[Saved data entries]:
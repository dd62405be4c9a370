use crate::answers::solved;
use dimacs_text::read_dimacs;
use std::alloc::Global;
use std::test::Fail;

// What is printed, and the status.
#[derive(Drop)]
struct Printed {
    text: String,
    status: u8,
}

// The text told of a text, or why it is none.
fn told(alloc: Global, text: &str, budget: u64) -> Result<Printed, Fail> {
    match read_dimacs(alloc, text.as_bytes()) {
        Ok(read) => {
            let mut out = Vec::new(alloc);
            let status = solved(alloc, &read, budget, &mut out)?;
            let text = String::from_utf8(out)?;
            Ok(Printed { text, status })
        }
        Err(fault) => Ok(Printed {
            text: format!(in alloc; "{fault}")?,
            status: 1,
        }),
    }
}

const THREE_PIGEONS: &str = "c 3 into 2\np cnf 6 9\n1 2 0 3 4 0 5 6 0\n\
    -1 -3 0 -1 -5 0\n-3 -5 0\n-2 -4 0 -2 -6 0 -4 -6 0\n";

const FOUR_PIGEONS: &str = "p cnf 12 22\n1 2 3 0 4 5 6 0 7 8 9 0 10 11 12 0\n\
    -1 -4 0 -1 -7 0 -1 -10 0 -4 -7 0 -4 -10 0 -7 -10 0\n\
    -2 -5 0 -2 -8 0 -2 -11 0 -5 -8 0 -5 -11 0 -8 -11 0\n\
    -3 -6 0 -3 -9 0 -3 -12 0 -6 -9 0 -6 -12 0 -9 -12 0\n";

// The form of the competitions, judged by hand: a text, a budget, the status and what is told.
// A propagation is a literal that a unit clause sets. Whatever variable of the pigeons is decided
// first, five literals are set before two pigeons are in one hole.
const ANSWERED: &[(&str, u64, u8, &str)] = &[
    (
        "p cnf 0 0\n",
        0,
        10,
        "c conflicts 0\nc propagations 0\ns SATISFIABLE\nv 0\n",
    ),
    (
        "p cnf 2 2\n1 0\n-1 -2 0\n",
        0,
        10,
        "c conflicts 0\nc propagations 2\ns SATISFIABLE\nv 1 -2 0\n",
    ),
    (
        "c a\np\tcnf  2 2\r\n 1 \n\n0 -1\t-2 0",
        0,
        10,
        "c conflicts 0\nc propagations 2\ns SATISFIABLE\nv 1 -2 0\n",
    ),
    (
        "p cnf 1 2\n1 -1 1 0\n1 1 0\n",
        0,
        10,
        "c conflicts 0\nc propagations 1\ns SATISFIABLE\nv 1 0\n",
    ),
    (
        "p cnf 1 2\n1 0\n-1 0\n",
        0,
        20,
        "c conflicts 1\nc propagations 1\nc clauses learnt 0\nc steps 1\ns UNSATISFIABLE\n",
    ),
    (
        "p cnf 3 1\n0\n",
        9,
        20,
        "c conflicts 1\nc propagations 0\nc clauses learnt 0\nc steps 1\ns UNSATISFIABLE\n",
    ),
    (
        "p cnf 5 1\n3 0\n",
        0,
        10,
        "c conflicts 0\nc propagations 1\ns SATISFIABLE\nv -1 -2 3 -4 -5 0\n",
    ),
    (
        "p cnf 2147483647 2\n1 0\n-1 0\n",
        0,
        20,
        "c conflicts 1\nc propagations 1\nc clauses learnt 0\nc steps 1\ns UNSATISFIABLE\n",
    ),
    (
        THREE_PIGEONS,
        0,
        0,
        "c conflicts 1\nc propagations 5\nc clauses learnt 0\nc steps 0\ns UNKNOWN\n",
    ),
];

#[test]
fn texts_are_answered(rt: HostRuntime) -> Result<(), Fail> {
    for (text, budget, status, want) in ANSWERED {
        let told = told(rt.alloc(), text, *budget)?;
        assert_eq!(rt; told.status, *status, "{text}");
        assert_eq!(rt; told.text.as_str(), *want);
    }
    Ok(())
}

// The conflict after the last clause that the budget allows is counted too.
#[test]
fn a_spent_budget_is_told(rt: HostRuntime) -> Result<(), Fail> {
    let told = told(rt.alloc(), FOUR_PIGEONS, 1)?;
    assert_eq!(rt; told.status, 0);
    assert!(rt; told.text.as_str().starts_with("c conflicts 2\n"));
    assert!(rt;
        told.text
            .as_str()
            .ends_with("c clauses learnt 1\nc steps 1\ns UNKNOWN\n")
    );
    Ok(())
}

const REFUSED: &[(&str, &str)] = &[
    ("", "no line `p cnf VARS CLAUSES`"),
    ("c 1 0\n", "no line `p cnf VARS CLAUSES`"),
    (
        "c a\n1 0\np cnf 1 1\n",
        "line 2: no line `p cnf VARS CLAUSES` before the clauses",
    ),
    (
        "p cnf 1\n1 0\n",
        "line 1: no line `p cnf VARS CLAUSES`, or a second one",
    ),
    (
        "p cnf 2147483648 0\n",
        "line 1: no line `p cnf VARS CLAUSES`, or a second one",
    ),
    (
        "p cnf 1 1\np cnf 1 1\n1 0\n",
        "line 2: no line `p cnf VARS CLAUSES`, or a second one",
    ),
    ("p cnf 1 1\n1 +2 0\n", "line 2: a word that is no number"),
    (
        "p cnf 1 1\n1\n2 0\n",
        "line 3: a variable above the number of variables",
    ),
    ("p cnf 2 1\n1 2\n", "the last clause has no 0"),
    ("p cnf 2 1\n1 0\n2 0\n", "2 clauses, where 1 are told"),
    ("p cnf 2 3\n1 0\n2 -2 0\n", "2 clauses, where 3 are told"),
];

#[test]
fn texts_that_are_no_formula_are_refused(rt: HostRuntime) -> Result<(), Fail> {
    for (text, want) in REFUSED {
        let told = told(rt.alloc(), text, 9)?;
        assert_eq!(rt; told.status, 1, "{text}");
        assert_eq!(rt; told.text.as_str(), *want);
    }
    Ok(())
}

// Pigeons never fit into fewer holes.
#[test]
fn pigeons_are_refuted(rt: HostRuntime) -> Result<(), Fail> {
    for text in [THREE_PIGEONS, FOUR_PIGEONS] {
        let told = told(rt.alloc(), text, 1000)?;
        assert_eq!(rt; told.status, 20);
        assert!(rt; told.text.as_str().ends_with("s UNSATISFIABLE\n"));
    }
    Ok(())
}
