//! What is told of a formula.
ghost use Rattle.std.specs.Prelude.{◌≡◌, ◌≢◌, ◌<◌, ◌+◌, ◌^◌, ℕ, List, slice_index_or, false, IfOk, OnOk};
ghost use Rattle.std.specs.Io.KnownBytes.{Appends};
ghost use Rattle.proof_log.specs.Formulas.{IsFormula, IsModel, HasNoModel};
ghost use Rattle.proof_log.specs.Derivations.{Refutes};
ghost use Rattle.dimacs_text.specs.Texts.{IsHeaded};
ghost use Rattle.solve_cnf.specs.Answers as spec;

use dimacs_text::Headed;
use proof_log::{Derivation, Formula, Model};
use rup_check::{CheckFault, check};
use sat_solver::{Answer, Counts, solve_counted};
use std::alloc::{AllocError, Global};
use std::io;
use std::io::Write;

/// Solves the formula and tells the answer, in the form of the competitions, with what the search did
/// for it in lines of comment. A derivation is checked first. The status that goes with the answer is
/// the result. The variables above the greatest one in a clause are false in a model, and each literal
/// is written as it is made.
pub fn solved<W: Write>(
    alloc: Global,
    read: &Headed,
    budget: u64,
    out: &mut W,
) -> anyhow::Result<u8>
    requires { IsHeaded read.now }
    ensures tells { IfOk result (λ status. (text : List ℕ)
        × Appends (W.contents out.old) (W.contents out.new) text × spec.Tells (spec.whole read.now) budget text status) }
    ensures satisfiable { IfOk result (λ status. status ≡ 10 → (m : Model) × IsModel (spec.whole read.now) m) }
    ensures unsatisfiable { IfOk result (λ status. status ≡ 20 → HasNoModel (spec.whole read.now)) }
    ensures unknown { IfOk result (λ status. status ≢ 10 → status ≢ 20 → (status ≡ 0) × (budget < 3 ^ read.now.formula.vars)) }
{
    let solved = solve_counted(alloc, &read.formula, budget)?;
    if let Answer::Unsat(derivation) = &solved.answer {
        checked(alloc, &read.formula, derivation)?;
    }
    write_counts(out, solved.counts)?;
    write_answer(out, &solved.answer, read.vars as usize)?;
    Ok(status_of(&solved.answer))
}

/// Checks a derivation of the solver's, which is accepted unless memory is wanted.
fn checked(alloc: Global, formula: &Formula, derivation: &Derivation) -> Result<(), AllocError>
    requires { Refutes formula.now derivation.now }
    ensures { IfOk result (λ _. HasNoModel formula.now) }
{
    match check(alloc, formula, derivation) {
        Ok(()) => Ok(()),
        Err(CheckFault::Memory) => Err(AllocError),
        Err(_) => unreachable!(),
    }
}

fn write_counts<W: Write>(out: &mut W, counts: Counts) -> io::Result<()>
    ensures { OnOk result (Appends (W.contents out.old) (W.contents out.new) (spec.counts_text counts)) }
{
    let conflicts = counts.conflicts;
    let propagations = counts.propagations;
    write!(
        out,
        "c conflicts {conflicts}\nc propagations {propagations}\n"
    )
}

fn status_of(answer: &Answer) -> u8
    ensures { result ≡ spec.status_of answer.now }
{
    match answer {
        Answer::Sat(_) => 10,
        Answer::Unsat(_) => 20,
        Answer::Spent(_) => 0,
    }
}

/// Writes an answer, where a model is of so many variables.
fn write_answer<W: Write>(out: &mut W, answer: &Answer, vars: usize) -> io::Result<()>
    ensures { OnOk result (Appends (W.contents out.old) (W.contents out.new) (spec.answer_text (spec.widened vars answer.now))) }
{
    match answer {
        Answer::Sat(model) => write_model(out, model.values.as_slice(), vars),
        Answer::Unsat(derivation) => {
            let steps = derivation.steps.len();
            write_steps(out, steps.saturating_sub(1), steps, "UNSATISFIABLE")
        }
        Answer::Spent(log) => {
            let steps = log.steps.len();
            write_steps(out, steps, steps, "UNKNOWN")
        }
    }
}

fn write_model<W: Write>(out: &mut W, values: &[bool], vars: usize) -> io::Result<()>
    ensures { OnOk result (Appends (W.contents out.old) (W.contents out.new) (spec.model_text (spec.filled vars values.now))) }
{
    write!(out, "s SATISFIABLE\nv")?;
    write_literals(out, values, vars)?;
    write!(out, " 0\n")?;
    Ok(())
}

/// Writes the literals of the variables that have values, in order, and of so many in all.
fn write_literals<W: Write>(out: &mut W, values: &[bool], vars: usize) -> io::Result<()>
    ensures { OnOk result (Appends (W.contents out.old) (W.contents out.new) (spec.literals_text (spec.filled vars values.now))) }
{
    for place in 0..vars.max(values.len()) {
        write_literal(out, place, value_at(values, place))?;
    }
    Ok(())
}

/// The value at a place, which is false where none is there.
fn value_at(values: &[bool], place: usize) -> bool
    ensures { result ≡ slice_index_or values.now place false }
{
    values.get(place).copied().unwrap_or(false)
}

/// Writes a space and the literal of the variable at a place.
fn write_literal<W: Write>(out: &mut W, place: usize, value: bool) -> io::Result<()>
    requires { place + 1 < 2 ^ 64 }
    ensures { OnOk result (Appends (W.contents out.old) (W.contents out.new) (spec.literal_text place value)) }
{
    let sign = if value { " " } else { " -" };
    let var = place + 1;
    write!(out, "{sign}{var}")
}

fn write_steps<W: Write>(out: &mut W, learnt: usize, steps: usize, answer: &str) -> io::Result<()>
    ensures { OnOk result (Appends (W.contents out.old) (W.contents out.new) (spec.steps_text learnt steps answer.now)) }
{
    write!(
        out,
        "c clauses learnt {learnt}\nc steps {steps}\ns {answer}\n"
    )
}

[What needs to be done]:
Each line in the records above with "many" must be returned.

[Exercise output]:
/// Writes an answer, where a model is of so many variables.
/// Writes the literals of the variables that have values, in order, and of so many in all.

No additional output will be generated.